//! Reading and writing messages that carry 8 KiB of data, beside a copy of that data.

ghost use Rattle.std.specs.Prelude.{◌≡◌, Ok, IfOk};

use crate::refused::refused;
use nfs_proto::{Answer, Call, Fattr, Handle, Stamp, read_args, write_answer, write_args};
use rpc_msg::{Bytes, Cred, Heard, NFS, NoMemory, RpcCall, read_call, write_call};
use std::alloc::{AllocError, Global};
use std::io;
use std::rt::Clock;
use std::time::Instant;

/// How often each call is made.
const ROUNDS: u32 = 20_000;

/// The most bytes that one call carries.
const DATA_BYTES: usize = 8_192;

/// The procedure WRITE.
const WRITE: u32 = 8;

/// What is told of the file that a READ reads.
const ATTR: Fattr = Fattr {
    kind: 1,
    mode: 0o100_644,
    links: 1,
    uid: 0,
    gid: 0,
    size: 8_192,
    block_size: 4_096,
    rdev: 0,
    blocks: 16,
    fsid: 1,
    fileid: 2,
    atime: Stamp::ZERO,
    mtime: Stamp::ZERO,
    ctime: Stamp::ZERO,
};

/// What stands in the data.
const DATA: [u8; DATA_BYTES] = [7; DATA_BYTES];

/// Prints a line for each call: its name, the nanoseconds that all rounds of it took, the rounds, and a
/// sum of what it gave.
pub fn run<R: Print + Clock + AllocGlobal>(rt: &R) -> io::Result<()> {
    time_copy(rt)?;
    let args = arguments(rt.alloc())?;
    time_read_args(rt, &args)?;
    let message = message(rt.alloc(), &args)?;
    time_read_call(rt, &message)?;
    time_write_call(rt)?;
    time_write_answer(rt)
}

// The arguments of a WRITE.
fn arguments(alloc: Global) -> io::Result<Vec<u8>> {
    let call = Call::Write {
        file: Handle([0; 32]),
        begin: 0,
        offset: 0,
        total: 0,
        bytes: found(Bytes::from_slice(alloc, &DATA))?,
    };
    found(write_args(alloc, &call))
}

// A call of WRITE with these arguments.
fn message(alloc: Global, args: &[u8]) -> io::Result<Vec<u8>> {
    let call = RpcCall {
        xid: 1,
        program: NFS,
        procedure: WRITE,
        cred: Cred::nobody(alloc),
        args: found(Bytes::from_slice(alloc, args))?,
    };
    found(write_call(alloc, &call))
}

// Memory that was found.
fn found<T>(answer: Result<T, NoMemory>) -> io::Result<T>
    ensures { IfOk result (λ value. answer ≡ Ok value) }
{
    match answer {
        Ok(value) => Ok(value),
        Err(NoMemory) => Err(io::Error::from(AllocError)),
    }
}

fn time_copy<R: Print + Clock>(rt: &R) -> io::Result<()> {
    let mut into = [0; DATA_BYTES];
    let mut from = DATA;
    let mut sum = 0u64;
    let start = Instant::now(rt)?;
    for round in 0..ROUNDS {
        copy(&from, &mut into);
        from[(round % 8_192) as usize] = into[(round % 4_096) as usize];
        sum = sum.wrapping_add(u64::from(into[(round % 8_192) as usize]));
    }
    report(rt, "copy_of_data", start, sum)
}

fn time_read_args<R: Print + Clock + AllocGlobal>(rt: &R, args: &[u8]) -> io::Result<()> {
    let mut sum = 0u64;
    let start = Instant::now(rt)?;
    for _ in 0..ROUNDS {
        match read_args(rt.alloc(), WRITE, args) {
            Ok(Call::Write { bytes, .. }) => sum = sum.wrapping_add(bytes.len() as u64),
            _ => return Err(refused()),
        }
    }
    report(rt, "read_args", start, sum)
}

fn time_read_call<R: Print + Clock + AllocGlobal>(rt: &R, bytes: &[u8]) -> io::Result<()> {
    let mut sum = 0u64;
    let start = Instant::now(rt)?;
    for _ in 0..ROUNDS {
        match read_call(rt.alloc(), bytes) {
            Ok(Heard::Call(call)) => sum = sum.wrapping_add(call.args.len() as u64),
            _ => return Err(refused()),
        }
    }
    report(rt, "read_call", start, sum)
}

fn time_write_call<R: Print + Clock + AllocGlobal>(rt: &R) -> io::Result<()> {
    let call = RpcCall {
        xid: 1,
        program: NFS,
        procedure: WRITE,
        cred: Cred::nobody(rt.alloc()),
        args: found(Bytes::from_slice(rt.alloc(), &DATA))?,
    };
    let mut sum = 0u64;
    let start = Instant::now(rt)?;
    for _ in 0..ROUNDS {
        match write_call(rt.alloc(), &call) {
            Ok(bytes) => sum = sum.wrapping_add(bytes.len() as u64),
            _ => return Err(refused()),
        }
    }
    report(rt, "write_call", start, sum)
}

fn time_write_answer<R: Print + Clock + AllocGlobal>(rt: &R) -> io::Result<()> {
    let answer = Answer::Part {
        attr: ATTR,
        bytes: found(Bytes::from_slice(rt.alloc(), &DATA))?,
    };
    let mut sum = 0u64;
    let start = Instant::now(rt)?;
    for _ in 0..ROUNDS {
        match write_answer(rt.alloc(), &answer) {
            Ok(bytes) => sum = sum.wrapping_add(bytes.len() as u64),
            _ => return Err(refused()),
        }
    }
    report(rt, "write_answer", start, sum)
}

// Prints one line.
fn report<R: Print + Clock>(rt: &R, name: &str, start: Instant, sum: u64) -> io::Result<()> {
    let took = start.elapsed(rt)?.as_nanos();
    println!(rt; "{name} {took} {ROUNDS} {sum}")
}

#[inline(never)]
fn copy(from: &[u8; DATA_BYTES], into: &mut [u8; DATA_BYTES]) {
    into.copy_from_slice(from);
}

──────

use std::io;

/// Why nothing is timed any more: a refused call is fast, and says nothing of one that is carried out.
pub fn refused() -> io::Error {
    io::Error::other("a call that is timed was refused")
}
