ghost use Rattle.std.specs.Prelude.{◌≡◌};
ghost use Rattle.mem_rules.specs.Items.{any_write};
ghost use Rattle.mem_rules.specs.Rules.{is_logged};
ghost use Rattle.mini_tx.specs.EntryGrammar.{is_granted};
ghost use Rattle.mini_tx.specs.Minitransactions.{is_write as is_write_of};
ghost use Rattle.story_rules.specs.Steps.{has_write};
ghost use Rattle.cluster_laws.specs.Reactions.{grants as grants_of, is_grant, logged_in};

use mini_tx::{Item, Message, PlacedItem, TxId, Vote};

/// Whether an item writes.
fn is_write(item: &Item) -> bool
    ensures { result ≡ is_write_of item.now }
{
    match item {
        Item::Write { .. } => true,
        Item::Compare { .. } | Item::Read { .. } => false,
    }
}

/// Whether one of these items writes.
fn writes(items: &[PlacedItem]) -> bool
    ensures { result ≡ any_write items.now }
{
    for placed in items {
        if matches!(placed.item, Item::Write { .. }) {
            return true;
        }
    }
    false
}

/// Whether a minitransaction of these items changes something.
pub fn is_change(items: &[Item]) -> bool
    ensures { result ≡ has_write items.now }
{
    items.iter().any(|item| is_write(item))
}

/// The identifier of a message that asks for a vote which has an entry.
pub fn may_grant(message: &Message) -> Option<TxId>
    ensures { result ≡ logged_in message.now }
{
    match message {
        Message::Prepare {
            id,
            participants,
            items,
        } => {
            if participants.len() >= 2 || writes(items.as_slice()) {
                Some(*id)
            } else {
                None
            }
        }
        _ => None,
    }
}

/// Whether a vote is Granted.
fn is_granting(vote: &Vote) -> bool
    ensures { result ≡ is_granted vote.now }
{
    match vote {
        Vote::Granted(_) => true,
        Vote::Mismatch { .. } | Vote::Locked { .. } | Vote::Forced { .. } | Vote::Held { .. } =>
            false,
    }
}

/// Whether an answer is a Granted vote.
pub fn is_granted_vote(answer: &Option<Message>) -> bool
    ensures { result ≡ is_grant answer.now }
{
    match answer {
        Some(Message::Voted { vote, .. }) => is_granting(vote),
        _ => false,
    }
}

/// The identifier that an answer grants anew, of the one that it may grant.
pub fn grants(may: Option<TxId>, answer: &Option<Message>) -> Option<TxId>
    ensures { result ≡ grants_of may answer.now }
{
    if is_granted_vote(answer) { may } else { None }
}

──────

Task brief:
After locating the line holding "vote is Granted." above, output exactly that line and every line after it through the line holding "a Granted vote.". Include nothing else.

Solution for this task:
/// Whether a vote is Granted.
fn is_granting(vote: &Vote) -> bool
    ensures { result ≡ is_granted vote.now }
{
    match vote {
        Vote::Granted(_) => true,
        Vote::Mismatch { .. } | Vote::Locked { .. } | Vote::Forced { .. } | Vote::Held { .. } =>
            false,
    }
}

/// Whether an answer is a Granted vote.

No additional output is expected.